> Task description
What is wanted is an exact copy of all the entries.

◇ ◇ ◇ ◇

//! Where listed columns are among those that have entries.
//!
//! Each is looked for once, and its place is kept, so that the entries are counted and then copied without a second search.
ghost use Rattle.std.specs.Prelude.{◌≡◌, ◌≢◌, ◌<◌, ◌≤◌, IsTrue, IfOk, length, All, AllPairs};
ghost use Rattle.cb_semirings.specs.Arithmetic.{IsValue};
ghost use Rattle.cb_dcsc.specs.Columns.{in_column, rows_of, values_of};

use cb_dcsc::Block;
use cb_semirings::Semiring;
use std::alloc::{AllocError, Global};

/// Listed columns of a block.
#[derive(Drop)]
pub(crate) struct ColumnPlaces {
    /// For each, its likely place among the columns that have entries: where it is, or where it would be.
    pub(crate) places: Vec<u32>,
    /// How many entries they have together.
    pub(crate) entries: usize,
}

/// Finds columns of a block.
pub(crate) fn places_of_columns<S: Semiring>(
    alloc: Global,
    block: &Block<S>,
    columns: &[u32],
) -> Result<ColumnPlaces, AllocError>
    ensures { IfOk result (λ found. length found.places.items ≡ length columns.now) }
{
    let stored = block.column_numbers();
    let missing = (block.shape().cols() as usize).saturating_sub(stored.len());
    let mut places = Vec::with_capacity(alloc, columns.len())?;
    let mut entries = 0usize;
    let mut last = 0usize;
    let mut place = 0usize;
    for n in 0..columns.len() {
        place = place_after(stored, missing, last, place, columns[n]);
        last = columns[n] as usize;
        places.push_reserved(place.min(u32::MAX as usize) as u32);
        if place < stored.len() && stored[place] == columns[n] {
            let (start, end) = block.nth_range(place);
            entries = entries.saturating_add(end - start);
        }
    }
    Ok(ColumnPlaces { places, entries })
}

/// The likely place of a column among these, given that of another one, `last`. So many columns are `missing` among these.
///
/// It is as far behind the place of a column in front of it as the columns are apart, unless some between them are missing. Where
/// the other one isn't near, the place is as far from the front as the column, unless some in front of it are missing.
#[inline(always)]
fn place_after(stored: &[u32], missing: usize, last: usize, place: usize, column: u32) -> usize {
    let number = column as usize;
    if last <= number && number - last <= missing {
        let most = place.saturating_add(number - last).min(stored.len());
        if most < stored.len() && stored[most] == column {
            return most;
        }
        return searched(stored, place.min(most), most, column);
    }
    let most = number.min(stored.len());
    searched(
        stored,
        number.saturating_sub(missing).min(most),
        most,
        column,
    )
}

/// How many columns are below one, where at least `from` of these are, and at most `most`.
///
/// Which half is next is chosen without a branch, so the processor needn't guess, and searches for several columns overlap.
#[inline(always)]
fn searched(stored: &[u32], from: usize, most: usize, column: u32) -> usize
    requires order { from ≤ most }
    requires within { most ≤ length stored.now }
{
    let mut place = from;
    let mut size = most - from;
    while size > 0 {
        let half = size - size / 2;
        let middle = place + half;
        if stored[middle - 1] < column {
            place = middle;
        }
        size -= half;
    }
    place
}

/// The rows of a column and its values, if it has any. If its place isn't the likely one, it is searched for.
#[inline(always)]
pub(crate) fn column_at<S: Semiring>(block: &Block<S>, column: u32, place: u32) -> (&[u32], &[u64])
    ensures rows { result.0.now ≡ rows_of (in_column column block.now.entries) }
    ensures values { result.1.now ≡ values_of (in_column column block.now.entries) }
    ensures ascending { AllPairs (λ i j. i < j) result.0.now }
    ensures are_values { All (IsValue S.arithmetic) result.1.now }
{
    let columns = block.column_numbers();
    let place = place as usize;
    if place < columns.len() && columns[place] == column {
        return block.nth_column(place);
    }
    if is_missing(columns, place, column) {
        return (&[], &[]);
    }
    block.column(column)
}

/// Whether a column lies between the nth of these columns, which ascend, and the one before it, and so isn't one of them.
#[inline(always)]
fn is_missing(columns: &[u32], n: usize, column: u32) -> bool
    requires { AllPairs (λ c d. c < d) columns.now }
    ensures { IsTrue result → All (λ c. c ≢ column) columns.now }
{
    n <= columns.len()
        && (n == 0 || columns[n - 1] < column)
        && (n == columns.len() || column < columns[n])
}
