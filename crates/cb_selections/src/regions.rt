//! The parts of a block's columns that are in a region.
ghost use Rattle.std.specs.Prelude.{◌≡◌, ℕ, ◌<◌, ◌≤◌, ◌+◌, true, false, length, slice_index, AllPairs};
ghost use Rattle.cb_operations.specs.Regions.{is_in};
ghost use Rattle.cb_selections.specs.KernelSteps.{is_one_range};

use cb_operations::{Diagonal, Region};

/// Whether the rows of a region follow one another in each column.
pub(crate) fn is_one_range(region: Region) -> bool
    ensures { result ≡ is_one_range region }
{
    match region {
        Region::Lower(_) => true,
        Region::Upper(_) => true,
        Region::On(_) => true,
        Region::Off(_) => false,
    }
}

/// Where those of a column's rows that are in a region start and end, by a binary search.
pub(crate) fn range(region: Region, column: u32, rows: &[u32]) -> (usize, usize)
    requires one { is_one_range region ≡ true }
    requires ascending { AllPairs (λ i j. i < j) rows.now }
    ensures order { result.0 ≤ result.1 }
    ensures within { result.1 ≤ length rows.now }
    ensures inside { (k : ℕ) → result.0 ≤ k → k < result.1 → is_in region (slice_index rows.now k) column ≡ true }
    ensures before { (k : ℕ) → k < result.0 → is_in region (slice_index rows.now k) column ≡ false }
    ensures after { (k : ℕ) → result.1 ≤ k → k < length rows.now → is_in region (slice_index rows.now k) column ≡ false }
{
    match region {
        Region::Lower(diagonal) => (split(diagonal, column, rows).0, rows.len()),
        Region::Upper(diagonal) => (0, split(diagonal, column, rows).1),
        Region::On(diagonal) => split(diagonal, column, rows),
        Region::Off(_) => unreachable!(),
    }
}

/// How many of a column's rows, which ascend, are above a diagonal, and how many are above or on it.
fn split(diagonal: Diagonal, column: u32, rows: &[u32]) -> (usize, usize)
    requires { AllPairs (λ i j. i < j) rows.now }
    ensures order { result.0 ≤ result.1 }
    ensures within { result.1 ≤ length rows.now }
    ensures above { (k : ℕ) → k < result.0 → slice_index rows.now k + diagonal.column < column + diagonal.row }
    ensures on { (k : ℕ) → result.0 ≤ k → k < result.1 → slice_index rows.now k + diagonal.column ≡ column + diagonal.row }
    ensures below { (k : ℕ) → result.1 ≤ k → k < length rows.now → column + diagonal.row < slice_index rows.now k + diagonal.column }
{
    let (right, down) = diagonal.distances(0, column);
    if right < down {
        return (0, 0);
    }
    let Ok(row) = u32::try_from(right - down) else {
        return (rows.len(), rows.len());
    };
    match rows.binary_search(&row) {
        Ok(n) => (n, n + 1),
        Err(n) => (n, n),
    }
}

◇ ◇ ◇ ◇

> Solution to this problem
//! Where listed columns are among those that have entries.
//!
//! Each is looked for once, and its place is kept, so that the entries are counted and then copied without a second search.
ghost use Rattle.std.specs.Prelude.{◌≡◌, ◌≢◌, ◌<◌, ◌≤◌, IsTrue, IfOk, length, All, AllPairs};
ghost use Rattle.cb_semirings.specs.Arithmetic.{IsValue};
ghost use Rattle.cb_dcsc.specs.Columns.{in_column, rows_of, values_of};

use cb_dcsc::Block;
use cb_semirings::Semiring;
use std::alloc::{AllocError, Global};

/// Listed columns of a block.
#[derive(Drop)]
pub(crate) struct ColumnPlaces {
    /// For each, its likely place among the columns that have entries: where it is, or where it would be.
    pub(crate) places: Vec<u32>,
    /// How many entries they have together.
    pub(crate) entries: usize,
}

/// Finds columns of a block.
pub(crate) fn places_of_columns<S: Semiring>(
    alloc: Global,
    block: &Block<S>,
    columns: &[u32],
) -> Result<ColumnPlaces, AllocError>
    ensures { IfOk result (λ found. length found.places.items ≡ length columns.now) }
{
    let stored = block.column_numbers();
    let missing = (block.shape().cols() as usize).saturating_sub(stored.len());
    let mut places = Vec::with_capacity(alloc, columns.len())?;
    let mut entries = 0usize;
    let mut last = 0usize;
    let mut place = 0usize;
    for n in 0..columns.len() {
        place = place_after(stored, missing, last, place, columns[n]);
        last = columns[n] as usize;
        places.push_reserved(place.min(u32::MAX as usize) as u32);
        if place < stored.len() && stored[place] == columns[n] {
            let (start, end) = block.nth_range(place);
            entries = entries.saturating_add(end - start);
        }
    }
    Ok(ColumnPlaces { places, entries })
}

/// The likely place of a column among these, given that of another one, `last`. So many columns are `missing` among these.
///
/// It is as far behind the place of a column in front of it as the columns are apart, unless some between them are missing. Where
/// the other one isn't near, the place is as far from the front as the column, unless some in front of it are missing.
#[inline(always)]
fn place_after(stored: &[u32], missing: usize, last: usize, place: usize, column: u32) -> usize {
    let number = column as usize;
    if last <= number && number - last <= missing {
        let most = place.saturating_add(number - last).min(stored.len());
        if most < stored.len() && stored[most] == column {
            return most;
        }
        return searched(stored, place.min(most), most, column);
    }
    let most = number.min(stored.len());
    searched(
        stored,
        number.saturating_sub(missing).min(most),
        most,
        column,
    )
}

/// How many columns are below one, where at least `from` of these are, and at most `most`.
///
/// Which half is next is chosen without a branch, so the processor needn't guess, and searches for several columns overlap.
#[inline(always)]
fn searched(stored: &[u32], from: usize, most: usize, column: u32) -> usize
    requires order { from ≤ most }
    requires within { most ≤ length stored.now }
{
    let mut place = from;
    let mut size = most - from;
    while size > 0 {
        let half = size - size / 2;
        let middle = place + half;
        if stored[middle - 1] < column {
            place = middle;
        }
        size -= half;
    }
    place
}

/// The rows of a column and its values, if it has any. If its place isn't the likely one, it is searched for.
#[inline(always)]
pub(crate) fn column_at<S: Semiring>(block: &Block<S>, column: u32, place: u32) -> (&[u32], &[u64])
    ensures rows { result.0.now ≡ rows_of (in_column column block.now.entries) }
    ensures values { result.1.now ≡ values_of (in_column column block.now.entries) }
    ensures ascending { AllPairs (λ i j. i < j) result.0.now }
    ensures are_values { All (IsValue S.arithmetic) result.1.now }
{
    let columns = block.column_numbers();
    let place = place as usize;
    if place < columns.len() && columns[place] == column {
        return block.nth_column(place);
    }
    if is_missing(columns, place, column) {
        return (&[], &[]);
    }
    block.column(column)
}

/// Whether a column lies between the nth of these columns, which ascend, and the one before it, and so isn't one of them.
#[inline(always)]
fn is_missing(columns: &[u32], n: usize, column: u32) -> bool
    requires { AllPairs (λ c d. c < d) columns.now }
    ensures { IsTrue result → All (λ c. c ≢ column) columns.now }
{
    n <= columns.len()
        && (n == 0 || columns[n - 1] < column)
        && (n == columns.len() || column < columns[n])
}
filename crates/cb_selections/src/regions.rt
//! The parts of a block's columns that are in a region.
ghost use Rattle.std.specs.Prelude.{◌≡◌, ℕ, ◌<◌, ◌≤◌, ◌+◌, true, false, length, slice_index, AllPairs};
ghost use Rattle.cb_operations.specs.Regions.{is_in};
ghost use Rattle.cb_selections.specs.KernelSteps.{is_one_range};

use cb_operations::{Diagonal, Region};

/// Whether the rows of a region follow one another in each column.
pub(crate) fn is_one_range(region: Region) -> bool
    ensures { result ≡ is_one_range region }
{
    match region {
        Region::Lower(_) => true,
        Region::Upper(_) => true,
        Region::On(_) => true,
        Region::Off(_) => false,
    }
}

/// Where those of a column's rows that are in a region start and end, by a binary search.
pub(crate) fn range(region: Region, column: u32, rows: &[u32]) -> (usize, usize)
    requires one { is_one_range region ≡ true }
    requires ascending { AllPairs (λ i j. i < j) rows.now }
    ensures order { result.0 ≤ result.1 }
    ensures within { result.1 ≤ length rows.now }
    ensures inside { (k : ℕ) → result.0 ≤ k → k < result.1 → is_in region (slice_index rows.now k) column ≡ true }
    ensures before { (k : ℕ) → k < result.0 → is_in region (slice_index rows.now k) column ≡ false }
    ensures after { (k : ℕ) → result.1 ≤ k → k < length rows.now → is_in region (slice_index rows.now k) column ≡ false }
{
    match region {
        Region::Lower(diagonal) => (split(diagonal, column, rows).0, rows.len()),
        Region::Upper(diagonal) => (0, split(diagonal, column, rows).1),
        Region::On(diagonal) => split(diagonal, column, rows),
        Region::Off(_) => unreachable!(),
    }
}

/// How many of a column's rows, which ascend, are above a diagonal, and how many are above or on it.
fn split(diagonal: Diagonal, column: u32, rows: &[u32]) -> (usize, usize)
    requires { AllPairs (λ i j. i < j) rows.now }
    ensures order { result.0 ≤ result.1 }
    ensures within { result.1 ≤ length rows.now }
    ensures above { (k : ℕ) → k < result.0 → slice_index rows.now k + diagonal.column < column + diagonal.row }
    ensures on { (k : ℕ) → result.0 ≤ k → k < result.1 → slice_index rows.now k + diagonal.column ≡ column + diagonal.row }
    ensures below { (k : ℕ) → result.1 ≤ k → k < length rows.now → column + diagonal.row < slice_index rows.now k + diagonal.column }
{
    let (right, down) = diagonal.distances(0, column);
    if right < down {
        return (0, 0);
    }
    let Ok(row) = u32::try_from(right - down) else {
        return (rows.len(), rows.len());
    };
    match rows.binary_search(&row) {
        Ok(n) => (n, n + 1),
        Err(n) => (n, n),
    }
}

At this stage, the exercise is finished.